In light of its rounded approach to the manufacturing process across the entire value chain, the report makes clear the need for the fabrication of a structural base of renewable energy technologies as an addition to just the components. This is particularly important to our local capability. As such, adoption would include in the case of wind towers, for example, the manufacture of blades, towers, bases and internal turbine components. In an era when countries around the world are scrambling in their bid for business and influence, new and emerging technologies, and the skills which drive advanced manufacturing, play a key role in an enormous global market that offers finance, jobs and opportunities to key sectors of our economy. Australia must be at the forefront of the rapidly-changing global economic landscape, where economic growth is directly connected to our capacity to match technologies with our workforce.

I want to pay tribute to industry and unions, which appeared before the committee and provided evidence helping to inform the work of the committee not as separate or competing interests but collaboratively as a force multiplier for the upward mobility of both workers and industry. This is what a sound, well-rounded sovereign manufacturing capability in Australia requires; it is what must drive advanced manufacturing here in Australia. If we are to bury our heads in the dichotomy of the past about advanced manufacturing and the defeatist and archaic attitude that resigns us to job losses, it will be very harmful to Australia's economic prospects. Not only is it not an inevitability, like some unwritten law, but it is, in fact, within our capacity to compete internationally and to drive economic growth.

This is very much about an Australia with job creation across the manufacturing sector, not job losses and industrial transfers away from Australia. What we need to reinforce is that advanced manufacturing is not merely about the machinery involved in the production process in factories; across Australia, advanced manufacturing serves as the basis on which we develop a highly skilled workforce that is at the centre of our nation's capacity to sustain a productive and innovative economy.
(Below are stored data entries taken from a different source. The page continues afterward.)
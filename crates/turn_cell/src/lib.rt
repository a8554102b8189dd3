//! A value that threads use in turn. Each call is a step of one history, which passes know of.
#![tactic(auto)]

mod laws;
mod pass;
mod plays;
mod seat_steps;
mod seq;
mod turn;
pub mod views;

pub use laws::{each_call_is_a_step, turns_cross_threads};
pub use pass::{Pass, TurnPass};
pub use seq::Seq;
pub use turn::Turn;
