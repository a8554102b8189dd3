// What a pass does, on its seat.
ghost use Rattle.std.specs.Prelude.{◌≡◌, ◌+◌, [], ◌∷◌, length, Some, None};
ghost use Rattle.pass_roster.specs.Ends.{AllJoined, IsWhole};
ghost use Rattle.turn_cell.specs.declared.views.Stage.TheVariants.{Idle, Holds};
ghost use Rattle.turn_cell.specs.Entry.{entry, Leads};
ghost use Rattle.turn_cell.specs.PassView.{passes};
ghost use Rattle.turn_cell.specs.Plays.{Taken, adding, Rejoined};
ghost use Rattle.turn_cell.specs.Seats.{IsSeatOf, IsSameSeat};

use crate::plays::{Back, Give, InTurn, Said, Settle, Take};
use crate::seq::Seq;
use crate::views::PassView;
use atomic_table::{Seat, Shared, Table};
use std::alloc::Global;
use std::snapshot::Snapshot;
use std::sync::Wait;
use std::thread;

type View<T> = PassView<T, <T as Seq>::Call, <T as Seq>::Reply>;

pub(crate) type TurnTable<T> = Table<Option<T>, View<T>, Snapshot<T>, InTurn, Global>;

type Words<T> = Shared<Option<T>, View<T>, Snapshot<T>, InTurn>;

type Place<T> = Seat<Option<T>, View<T>>;

// Tries until the value is there, and takes it out.
pub(crate) fn take<T: Seq, R: Wait>(rt: &R, words: &Words<T>, seat: &mut Place<T>) -> T
    requires seat { IsSeatOf words.now.table_id seat.old }
    requires idle { (seat.old.me.0.stage ≡ Idle) × (seat.old.me.1 ≡ []) }
    ensures seat { IsSameSeat seat.old seat.new }
    ensures carries { seat.new.me.1 ≡ (0, None) ∷ [] }
    ensures taken { Taken T.steps seat.old.me.0 result seat.new.me.0 }
{
    for _ in rt.forever() {
        if words.compare_exchange::<Take<T>>(seat, 1, 0, 1) == 0 {
            return words.exchange(seat, 0, None).unwrap();
        }
        thread::yield_now();
    }
    unreachable!()
}

// Puts the value back. The pick `W` says which call was made.
pub(crate) fn give<T: Seq, W: Said<T::Call, T::Reply>>(
    words: &Words<T>,
    seat: &mut Place<T>,
    value: T,
    was: Snapshot<T>,
    call: Snapshot<T::Call>,
    reply: &T::Reply,
)
    requires seat { IsSeatOf words.now.table_id seat.old }
    requires holds { (seat.old.me.0.stage ≡ Holds was.value) × (seat.old.me.1 ≡ (0, None) ∷ []) }
    requires said { (W.call ≡ Some call.value) × (W.reply ≡ Some reply.now) }
    requires step { T.steps was.value seat.old.me.0.number call.value reply.now value }
    ensures seat { IsSameSeat seat.old seat.new }
    ensures carries { seat.new.me.1 ≡ [] }
    ensures given { seat.new.me.0 ≡ adding seat.old.me.0 (entry seat.old.me.0.number call.value reply.now) }
{
    match words.exchange(seat, 0, Some(value)) {
        None => {}
        Some(_) => unreachable!(),
    }
    words.fetch_sub::<Give<W>>(seat, 1, 1);
}

// Joins two seats, and loads word 0 to learn that each had seen a beginning of the history.
pub(crate) fn take_in<T: Seq>(words: &Words<T>, seat: &mut Place<T>, other: Place<T>)
    requires seat { IsSeatOf words.now.table_id seat.old }
    requires other { IsSeatOf words.now.table_id other × (other.me.1 ≡ []) }
    requires idle { (seat.old.me.0.stage ≡ Idle) × (other.me.0.stage ≡ Idle) }
    requires first { seat.old.me.0.number ≡ 0 }
    ensures seat { IsSameSeat seat.old seat.new }
    ensures carries { seat.new.me.1 ≡ seat.old.me.1 }
    ensures joined { Rejoined seat.old.me.0 other.me.0 seat.new.me.0 }
{
    words.join_seat::<Back>(seat, other);
    words.load::<Settle>(seat, 0);
}

// Closes the table with the first pass, and takes the value out.
pub(crate) fn shut<T: Seq>(table: TurnTable<T>, seat: Place<T>) -> T
    requires seat { IsSeatOf table.shared.table_id seat }
    requires first { (seat.me.0.stage ≡ Idle) × (seat.me.0.number ≡ 0) }
    requires all { AllJoined passes seat.me.0 }
    ensures led { Leads T.steps table.shared.key.value seat.me.0.seen result }
    ensures whole { IsWhole passes seat.me.0 }
{
    let mut closed = table.close_with(seat);
    let kept = closed.take(0);
    closed.free();
    kept.unwrap()
}
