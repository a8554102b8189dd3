ghost use Rattle.std.specs.Prelude.{◌≡◌, length};
ghost use Rattle.turn_cell.specs.PassView.{stage_kind};

use crate::seq::Seq;
use crate::views::PassView;
use atomic_table::Seat;

/// The right to ask, and what was seen so far. It has no bound, so that a generic type can hold
/// one: `TurnPass<T>` is the pass of a `Turn<T>`.
pub struct Pass<T, C, R> {
    pub(crate) number: u32,
    pub(crate) drawn: u32,
    pub(crate) seat: Seat<Option<T>, PassView<T, C, R>>,
    ghost numbered: { (number ≡ seat.me.0.number) × (drawn ≡ seat.me.0.drawn) },
    ghost idle: { (stage_kind seat.me.0.stage ≡ 1) × (length seat.me.1 ≡ 0) },
}

/// A pass of a `Turn<T>`.
pub type TurnPass<T> = Pass<T, <T as Seq>::Call, <T as Seq>::Reply>;

/// A pass that is dropped is never joined, so its turn can't be closed any more.
impl<T, C, R> Drop for Pass<T, C, R> {
    fn drop(self) {
        let Self {
            number: _,
            drawn: _,
            seat: _,
        } = self;
    }
}

impl<T, C, R> Pass<T, C, R> {
    pub(crate) fn into_seat(self) -> Seat<Option<T>, PassView<T, C, R>>
        ensures { result ≡ self.seat }
    {
        let Self {
            number: _,
            drawn: _,
            seat,
        } = self;
        seat
    }
}
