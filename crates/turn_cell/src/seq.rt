ghost use Rattle.std.specs.Prelude.{ℕ};

/// A value that answers calls, one at a time. What it means is the value itself, as clauses see
/// it. A step is defined for every number and every call.
pub trait Seq {
    /// What can be asked.
    type Call;

    /// What it answers.
    type Reply;

    /// The object's definition: of a value, the number of the pass that asks, the call, the reply
    /// and the next value.
    ghost steps: { Self → ℕ → Self.Call → Self.Reply → Self → Type 0 };

    /// Answers `call`, which the pass of the number `by` asks.
    fn step(&mut self, by: u32, call: Self::Call) -> Self::Reply
        ensures { steps self.old by call result self.new };
}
This is the transformative role of shaping the upskill and reskill settings to meet our critical workforce needs. Through these we can build innovation in new and emerging technologies, we can build Australia's research and development capacity, and we can avoid the divergence of economic fortunes in society.

I look forward to seeing the recommendations contained in the report being accepted and adopted by the government—to them being made certain on the ground, both in policy and reality, and being translated into jobs and opportunities for workers and our economy within a sovereign, smart and sustainable manufacturing base in Australia.